Report each line of the entries that contains the word "which", copied in full.

---------- RECORDS FOR THIS EXERCISE

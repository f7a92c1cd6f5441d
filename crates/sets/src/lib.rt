//! Sets of numbers below 64, each held in a word: bit j is 1 where j is in the set.
#![tactic(auto)]

mod iterating;
mod set;

pub use iterating::Members;
pub use set::Set;
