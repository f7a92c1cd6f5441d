//! A set, and what is asked of it.
ghost use Rattle.std.specs.Prelude.{ℕ, ◌≡◌, get_or, ◌<◌, ◌≤◌, eqb, IsNone, IfSome, ◌↔◌};
ghost use Rattle.std.specs.Int.{w64, to_le_bytes};
ghost use Rattle.model.specs.Sets.{empty_set, singleton, number};
ghost use Rattle.sets.specs.Sets.{members, union, common, minus, differing, insert, remove, assigned, within, apart, upto, byte_of, Least};

use crate::Members;
use std::marker::Model;

/// A set of numbers below 64.
#[derive(Clone, Copy, Debug, Default, PartialEq, Eq)]
pub struct Set {
    word: u64,
}

// Clauses see the word: what `members` reads in it is the set.
impl Model for Set {
    ghost use Rattle.std.specs.Prelude.{ℕ};

    ghost Value = { ℕ };

    ghost view = { λ s. s.word };

    ghost inverse = { λ m. record { word = m } };
}

impl Set {
    /// The set without members.
    #[tactic(auto, using(crate::proofs::Laws::zero_holds))]
    pub fn empty() -> Self
        ensures word { result ≡ 0 }
        ensures members { result ≡ number 64 empty_set }
    {
        Set { word: 0 }
    }

    /// The set that a word holds.
    pub fn of_word(word: u64) -> Self
        ensures { result ≡ word }
    {
        Set { word }
    }

    /// The word that holds the set.
    pub fn word(self) -> u64
        ensures { result ≡ self }
    {
        let Set { word } = self;
        word
    }

    /// The set of c alone.
    #[tactic(auto, using(crate::proofs::Words::single_64))]
    pub fn singleton(c: usize) -> Self
        requires { c < 64 }
        ensures { result ≡ number 64 (singleton c) }
    {
        Set { word: 1 << c }
    }

    /// Puts c into the set.
    #[tactic(auto, using(crate::proofs::Words::with_word))]
    pub fn insert(&mut self, c: usize)
        requires { c < 64 }
        ensures { self.new ≡ number 64 (insert c (members self.old)) }
    {
        self.word |= Set::singleton(c).word;
    }

    /// Takes c out of the set.
    #[tactic(auto, using(crate::proofs::Words::without_64))]
    pub fn remove(&mut self, c: usize)
        requires { c < 64 }
        ensures { self.new ≡ number 64 (remove c (members self.old)) }
    {
        self.word &= !Set::singleton(c).word;
    }

    /// Has c in the set where the test holds, and not in it otherwise.
    pub fn assign(&mut self, c: usize, test: bool)
        requires { c < 64 }
        ensures { self.new ≡ number 64 (assigned (members self.old) c test) }
    {
        if test {
            self.insert(c);
        } else {
            self.remove(c);
        }
    }

    /// The members of both.
    #[tactic(auto, using(crate::proofs::Words::union_word))]
    pub fn union(self, other: Self) -> Self
        ensures { result ≡ number 64 (union (members self) (members other)) }
    {
        Set {
            word: self.word | other.word,
        }
    }

    /// The members that the two have in common.
    #[tactic(auto, using(crate::proofs::Words::common_word))]
    pub fn intersection(self, other: Self) -> Self
        ensures { result ≡ number 64 (common (members self) (members other)) }
    {
        Set {
            word: self.word & other.word,
        }
    }

    /// The members that are not in the other.
    #[tactic(auto, using(crate::proofs::Words::minus_64))]
    pub fn difference(self, other: Self) -> Self
        ensures { result ≡ number 64 (minus (members self) (members other)) }
    {
        Set {
            word: self.word & !other.word,
        }
    }

    /// The members of one of the two alone.
    #[tactic(auto, using(crate::proofs::Laws::joined_holds))]
    pub fn symmetric_difference(self, other: Self) -> Self
        ensures { result ≡ number 64 (differing (members self) (members other)) }
    {
        let left = self.difference(other);
        left.union(other.difference(self))
    }

    /// Whether the other has all members of this one.
    #[tactic(auto, using(crate::proofs::Words::within_word))]
    pub fn is_subset(self, other: Self) -> bool
        ensures { result ≡ within 64 (members self) (members other) }
    {
        self.word & other.word == self.word
    }

    /// Whether the two have no member in common.
    #[tactic(auto, using(crate::proofs::Words::apart_word))]
    pub fn is_disjoint(self, other: Self) -> bool
        ensures { result ≡ apart 64 (members self) (members other) }
    {
        self.word & other.word == 0
    }

    /// Whether c is in the set.
    #[tactic(auto, unfolding(crate::specs::Sets::members))]
    pub fn contains(self, c: usize) -> bool
        requires { c < 64 }
        ensures { result ≡ members self c }
    {
        (self.word >> c) % 2 == 1
    }

    /// Whether the set has no member.
    pub fn is_empty(self) -> bool
        ensures { result ≡ eqb self 0 }
    {
        self.word == 0
    }

    /// The least member.
    #[tactic(auto, using(crate::proofs::Least::least_64, crate::proofs::Least::inside_64))]
    pub fn first(self) -> Option<usize>
        ensures none { IsNone result ↔ (self ≡ 0) }
        ensures some { IfSome result (Least (members self)) }
        ensures inside { IfSome result (λ c. c < 64) }
    {
        match self.word() {
            0 => None,
            word => Some(word.trailing_zeros() as usize),
        }
    }

    /// The members below a limit.
    #[tactic(auto, using(crate::proofs::Least::below_word, crate::proofs::Least::whole_word))]
    pub fn below(self, end: usize) -> Self
        requires { end ≤ 64 }
        ensures { result ≡ number 64 (upto end (members self)) }
    {
        if end == 64 {
            return self;
        }
        Set {
            word: self.word % Set::singleton(end).word,
        }
    }

    /// The bytes of the word that holds the set, the low one first.
    pub fn to_le_bytes(self) -> [u8; 8]
        ensures word { result ≡ to_le_bytes w64 self }
        ensures bytes { (i : ℕ) → i < 8 → get_or result i 0 ≡ byte_of i (members self) }
    {
        self.word().to_le_bytes()
    }

    /// The members in rising order.
    pub fn iter(self) -> Members
        ensures { result ≡ self }
    {
        Members::of(self)
    }
}
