/// A value on top, and an object in register 0.
fn this_write_fault<S: Store>(store: &S, world: &World<'_>, class: u16, ty: Ty) -> Option<Fault>
    requires well { S.well store.now }
    requires tested { CanTest S.Cell.cells world.now (S.state store.now) }
    requires class { IsClass world.now.classes class }
    requires ty { IsKnown world.now.classes ty }
    ensures { result ≡ unmet S.Cell.cells world.now (field_write_demands holders.This class ty) (S.state store.now) }
{
    let object = Demand::Held(0, Ty::Class(class));
    match ty {
        Ty::IntHigh => unmet(
            store,
            world,
            &[
                Demand::Registers(0, 1),
                Demand::Cell(0, INT_LOW),
                Demand::Cell(1, INT_HIGH),
                object,
            ],
        ),
        _ => unmet(
            store,
            world,
            &[
                Demand::Registers(0, 1),
                Demand::Cell(0, Want::Value(ty)),
                object,
            ],
        ),
    }
}
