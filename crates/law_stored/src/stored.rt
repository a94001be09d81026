ghost use Rattle.law_stored.specs.StoredIsRead.{StoredIsRead};
ghost use Rattle.law_stored.specs.PackedIsInstalled.{PackedIsInstalled};

/// After `transform` with status 0, what a command asks for in the folder in which was stored are the parts that were stored, whatever
/// else stands there. Where that folder is none of the libraries', the libraries and it make the new world, so `verify` has all
/// that it needs there.
pub fn stored_is_read()
    ensures { StoredIsRead }
{}

/// After `pack` with status 0 the Load file in OUT has the package of DIR: its parts hold the same and stand for the same package. With
/// libraries whose folders are not OUT, `install` makes the worlds that `verify` makes with DIR, and accepts or refuses them with the
/// same line. So it is where the folders tell what they hold, and roles stand beside the first package.
pub fn packed_is_installed()
    ensures { PackedIsInstalled }
{}
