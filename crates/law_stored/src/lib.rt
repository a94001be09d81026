//! What a command stores and a later one reads (Leroy 2002, section 4): the folders of the libraries and the one in which `transform`
//! stored a package make the new world, and the Load file that `pack` stored is installed as its source is verified. It stands on what the
//! commands answer, of `capcheck_core`, on the writer, of `cap_write`, and on the Load file, of `cap_load`.
#![tactic(auto)]

mod stored;

pub use stored::{packed_is_installed, stored_is_read};
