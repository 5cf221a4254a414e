// The form of a plan record: refusal 5. The head is looked at first, then the numbers of parts, the part heads and the record's length; what the
// lists hold comes last, when they are known to be there. So past the 64 counts no loop runs longer than the record, and each ends at the first fault.
#![tactic(auto)]

ghost use Rattle.std.specs.Prelude.{◌≡◌, ◌&&◌, ◌+◌, ◌*◌, ◌/◌, ◌^◌, ◌≤◌, ◌<◌, leb, length};
ghost use Rattle.plan_record.specs.Record.{majors_of, parts_of, gates_of, layout_of, positions_of, endpoints_of, gate_base, layout_base, position_base, head_base, position_words};
ghost use Rattle.words.specs.Tests.{all_below};
ghost use Rattle.words.specs.Pins.{is_pin, is_pin_iv};
ghost use Rattle.plan_record.specs.Form.{rest_form, head_form, counts_form, part_head_form, length_form, gate_form, layout_form, position_form, numbers_form, endpoint_form, lists_form, plan_form};
ghost use Rattle.plan_record.specs.Body.{Headed, Measured};

use plan_record::bodies::{Endpoint, Part, first_body, parts_of};
use plan_record::numbers::{count_at, gates_of, layout_of, majors_of, positions_of};
use plan_record::places::{
    PART_HEAD_WORDS, POSITION_WORDS, body_words, gate_base, head_base, layout_base, position_base,
    word_at, word_in,
};
use words::found::all_below;
use words::units::EMPTY_PIN;

// Whether a number is in a range.
fn in_range(x: u32, low: u32, high: u32) -> bool
    ensures { result ≡ (leb low x && leb x high) }
{
    (low..=high).contains(&x)
}

// Whether a word is a pin.
fn is_pin(x: u32) -> bool
    ensures { result ≡ is_pin x }
{
    x <= 1073741824
}

// Whether a word is an inverted pin number.
fn is_pin_iv(x: u32) -> bool
    ensures { result ≡ is_pin_iv x }
{
    x <= 2147483649
}

// The words of the head that are 0.
fn rest_form(d: &[u8]) -> bool
    ensures { result ≡ rest_form d.now }
{
    (word_at(d, 6) == 0) & ((word_at(d, 7) == 0) & (word_at(d, 8) == 0))
}

// The head of a record.
fn head_form(d: &[u8]) -> bool
    ensures { result ≡ head_form d.now }
{
    let sizes = in_range(word_at(d, 0), 1, 1024) & in_range(word_at(d, 1), 1, 64);
    let lists = (word_at(d, 3) <= 1048576) & (word_at(d, 4) <= 1048576);
    sizes & lists & rest_form(d)
}

// The parts of each major stage.
fn counts_form(d: &[u8]) -> bool
    ensures { result ≡ counts_form d.now }
{
    all_below(majors_of(d) as usize, |s| count_at(d, s) <= 4096)
}

// The head of part p, given where the part heads begin.
fn part_form(d: &[u8], heads: usize, p: usize) -> bool
    requires { (heads ≡ head_base d.now) × (heads < 2 ^ 37) × (p < 262144) }
    ensures { result ≡ part_head_form d.now p }
{
    let at = heads + PART_HEAD_WORDS * p;
    let sizes = in_range(word_at(d, at), 1, 255) & (word_at(d, at + 1) <= 8192);
    sizes & ((word_at(d, at + 2) == 0) & (word_at(d, at + 3) == 0))
}

// The heads of all parts: one that the record lacks has no stages and ends the loop.
fn heads_form(d: &[u8]) -> bool
    requires { (majors_of d.now ≤ 64) × (parts_of d.now ≤ 262144) }
    ensures { result ≡ all_below (part_head_form d.now) (parts_of d.now) }
{
    let heads = head_base(d);
    all_below(parts_of(d), |p| part_form(d, heads, p))
}

// The record's length: the bodies are walked until one begins past the record's end.
fn length_form(d: &[u8]) -> bool
    requires { Headed d.now }
    ensures { result ≡ length_form d.now }
{
    let words = d.len() / 4;
    let heads = head_base(d);
    let mut at = first_body(d);
    for p in 0..parts_of(d) {
        if words < at {
            return false;
        }
        let stages = word_at(d, heads + PART_HEAD_WORDS * p) as usize;
        let endpoints = word_at(d, heads + PART_HEAD_WORDS * p + 1) as usize;
        at += body_words(d, at, stages, endpoints);
    }
    (d.len() % 4 == 0) & (at == words)
}

// Gate g, given where the gates begin.
fn gate_form(d: &[u8], gates: usize, g: usize) -> bool
    requires { (gates ≡ gate_base d.now) × (gates + 3 * g + 2 < length d.now / 4) }
    ensures { result ≡ gate_form d.now g }
{
    let at = gates + 3 * g;
    is_pin(word_in(d, at)) & is_pin_iv(word_in(d, at + 1)) & is_pin_iv(word_in(d, at + 2))
}

// The gate list.
fn gates_form(d: &[u8]) -> bool
    requires { head_base d.now ≤ length d.now / 4 }
    ensures { result ≡ all_below (gate_form d.now) (gates_of d.now) }
{
    let base = gate_base(d);
    all_below(gates_of(d) as usize, |g| gate_form(d, base, g))
}

// Entry i of the input layout, given where it begins.
fn layout_form(d: &[u8], layout: usize, i: usize) -> bool
    requires { (layout ≡ layout_base d.now) × (layout + i < length d.now / 4) }
    ensures { result ≡ layout_form d.now i }
{
    let x = word_in(d, layout + i);
    is_pin(x) | (x == EMPTY_PIN)
}

// The input layout.
fn layouts_form(d: &[u8]) -> bool
    requires { head_base d.now ≤ length d.now / 4 }
    ensures { result ≡ all_below (layout_form d.now) (layout_of d.now) }
{
    let base = layout_base(d);
    all_below(layout_of(d) as usize, |i| layout_form(d, base, i))
}

// Position i, given where the positions begin.
fn position_form(d: &[u8], positions: usize, i: usize) -> bool
    requires { (positions ≡ position_base d.now) × (positions + position_words * i + 3 < length d.now / 4) }
    ensures { result ≡ position_form d.now i }
{
    let at = positions + POSITION_WORDS * i;
    is_pin(word_in(d, at)) & (word_in(d, at + 2) <= 1) & (word_in(d, at + 3) == 0)
}

// The position list.
fn positions_form(d: &[u8]) -> bool
    requires { head_base d.now ≤ length d.now / 4 }
    ensures { result ≡ all_below (position_form d.now) (positions_of d.now) }
{
    let base = position_base(d);
    all_below(positions_of(d) as usize, |i| position_form(d, base, i))
}

// The numbers that an endpoint holds.
fn numbers_form(e: Endpoint) -> bool
    ensures { result ≡ numbers_form e }
{
    match e {
        Endpoint::Output(x) => is_pin_iv(x.0),
        Endpoint::Staged(x) => is_pin(x.0),
        Endpoint::Register(x, en) => is_pin_iv(x.0) & is_pin_iv(en.0),
        Endpoint::Sram => true,
    }
}

// Endpoint i of part p: its kind, then its numbers.
fn endpoint_form(part: &Part, i: usize) -> bool
    requires { i < part.now.body.endpoints }
    ensures { result ≡ endpoint_form part.now.d.now part.now.p i }
{
    (part.endpoint_word(i, 0) <= 3) & numbers_form(part.endpoint(i))
}

// The endpoints of part p.
fn endpoints_form(part: &Part) -> bool
    ensures { result ≡ all_below (endpoint_form part.now.d.now part.now.p) (endpoints_of part.now.d.now part.now.p) }
{
    all_below(part.body.endpoints, |i| endpoint_form(part, i))
}

// The endpoints of all parts.
fn bodies_form(d: &[u8]) -> bool
    requires { Measured d.now }
    ensures { result ≡ all_below (λ p. all_below (endpoint_form d.now p) (endpoints_of d.now p)) (parts_of d.now) }
{
    let mut at = first_body(d);
    for p in 0..parts_of(d) {
        let part = Part::at(d, p, at);
        if !endpoints_form(&part) {
            return false;
        }
        at = part.body.end;
    }
    true
}

// What the lists hold.
fn lists_form(d: &[u8]) -> bool
    requires { Measured d.now }
    ensures { result ≡ lists_form d.now }
{
    gates_form(d) && layouts_form(d) && positions_form(d) && bodies_form(d)
}

// The heads, the length and the lists, once the numbers of parts are in range.
fn parts_form(d: &[u8]) -> bool
    requires { (majors_of d.now ≤ 64) × (parts_of d.now ≤ 262144) }
    ensures { result ≡ (all_below (part_head_form d.now) (parts_of d.now) && length_form d.now && lists_form d.now) }
{
    heads_form(d) && length_form(d) && lists_form(d)
}

// Whether a plan record is in form: where not, it is refusal 5.
pub fn plan_form(d: &[u8]) -> bool
    ensures { result ≡ plan_form d.now }
{
    head_form(d) && counts_form(d) && parts_form(d)
}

--------------------

[SOLUTION FOR THIS PROBLEM]
/// After `transform` with status 0, what a command asks for in the folder in which was stored are the parts that were stored, whatever
//! What a command stores and a later one reads (Leroy 2002, section 4): the folders of the libraries and the one in which `transform`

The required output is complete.